Frewen has used 360 teaching successfully in asynchronous (recorded) lectures that students play back through VR headsets on their computers. Students feel more connected to learning than in conventionally recorded one-way lectures, his early studies show.
But taking it a step further, to a live, ultra-fast system would be a game-changer.
A 10-minute recorded 360-degree video in 4G, for example, would use up to 2 GB of users’ data; whereas 5G can stream large files quickly and bring students’ presence into the classroom.
“5G is going to give us some new capabilities for seamless, lag-free, livestreamed, synchronous learning.
“Our hope is that it can help students feel more connected to learning – and, by reducing social distancing, improve their mental health.”
Tech for mental health
Shoemaker is testing a technology that addresses students’ mental health through biofeedback devices that work with a 5G-enabled phone.
Funded in part by Western’s Parr Centre for Thriving, the project aims to help students reduce their negative stress.
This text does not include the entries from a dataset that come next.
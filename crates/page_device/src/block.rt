// A page of the disk, and the named contents.
ghost use Rattle.std.specs.Prelude.{◌≡◌, ℕ, ◌<◌, length, slice_index};

use std::marker::Model;

/// The 4096 bytes of one page. Contracts see the list of the bytes.
#[derive(Drop)]
pub struct Page(pub [u8; 4096]);

impl Model for Page {
    ghost use Rattle.std.specs.Prelude.{List, ℕ, ◌≡◌, length};

    ghost Value = { List ℕ };

    ghost view = { λ p. p.0 };

    ghost invariant = { λ p. length p.0 ≡ 4096 };

    ghost inverse = { λ bytes. record { 0 = bytes } };
}

// The bits that some byte has. Has no early end, so that many bytes are looked at at a time.
fn some_bits(bytes: &[u8]) -> u8
    ensures none { result ≡ 0 → (i : ℕ) → i < length bytes.now → slice_index bytes.now i ≡ 0 }
    ensures all { ((i : ℕ) → i < length bytes.now → slice_index bytes.now i ≡ 0) → result ≡ 0 }
{
    let mut some = 0;
    for byte in bytes {
        some |= *byte;
    }
    some
}

impl Page {
    ghost use Rattle.std.specs.Prelude.{◌≡◌, ◌↔◌, IsTrue, length};
    ghost use Rattle.page_device.specs.Block.{zero_block, numbered_block};

    /// The zero block: 4096 zero bytes. An unmapped block reads as it. The contract leaves out what it costs: a page.
    pub fn zero() -> Page
        ensures { result ≡ zero_block }
    {
        Page([0; 4096])
    }

    /// The block of a number: its eight bytes, highest first, and then zeros. The contract leaves out what it costs: a page.
    pub fn numbered(number: u64) -> Page
        ensures { result ≡ numbered_block number }
    {
        let mut bytes = [0; 4096];
        bytes[..8].copy_from_slice(&number.to_be_bytes());
        Page(bytes)
    }

    /// The same bytes once more. The contract leaves out what it costs: a page.
    pub fn copy(&self) -> Page
        ensures { result ≡ self.now }
    {
        Page(self.0)
    }

    /// Whether each byte is zero: what an unmapped block reads, and what a table page holds of which no entry is
    /// used. Constant where one of the first 64 bytes is not zero, and else linear in the page, many bytes at a time; no
    /// clause says so.
    pub fn is_zero(&self) -> bool
        ensures zero { IsTrue result ↔ (self.now ≡ zero_block) }
        ensures whole { length self.now ≡ 4096 }
    {
        let front = some_bits(&self.0[..64]);
        if front != 0 {
            return false;
        }
        some_bits(&self.0) == 0
    }

    /// The bytes. The contract leaves out what it costs: nothing.
    pub fn bytes(&self) -> &[u8]
        ensures bytes { result.now ≡ self.now }
        ensures whole { length result.now ≡ 4096 }
    {
        &self.0
    }
}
Biofeedback devices detect an elevated heart rate, sweatiness, temperature or blood pressure as signals of increased stress.
An augmented-reality program then enables the student to mitigate their anger or anxiety by introducing visualized mindfulness or breathing activities that encourage thriving.
To develop this approach, the plan is to bring the research to at least 50 student volunteers living in residence.
All the projects are expected to be live-tested within this year.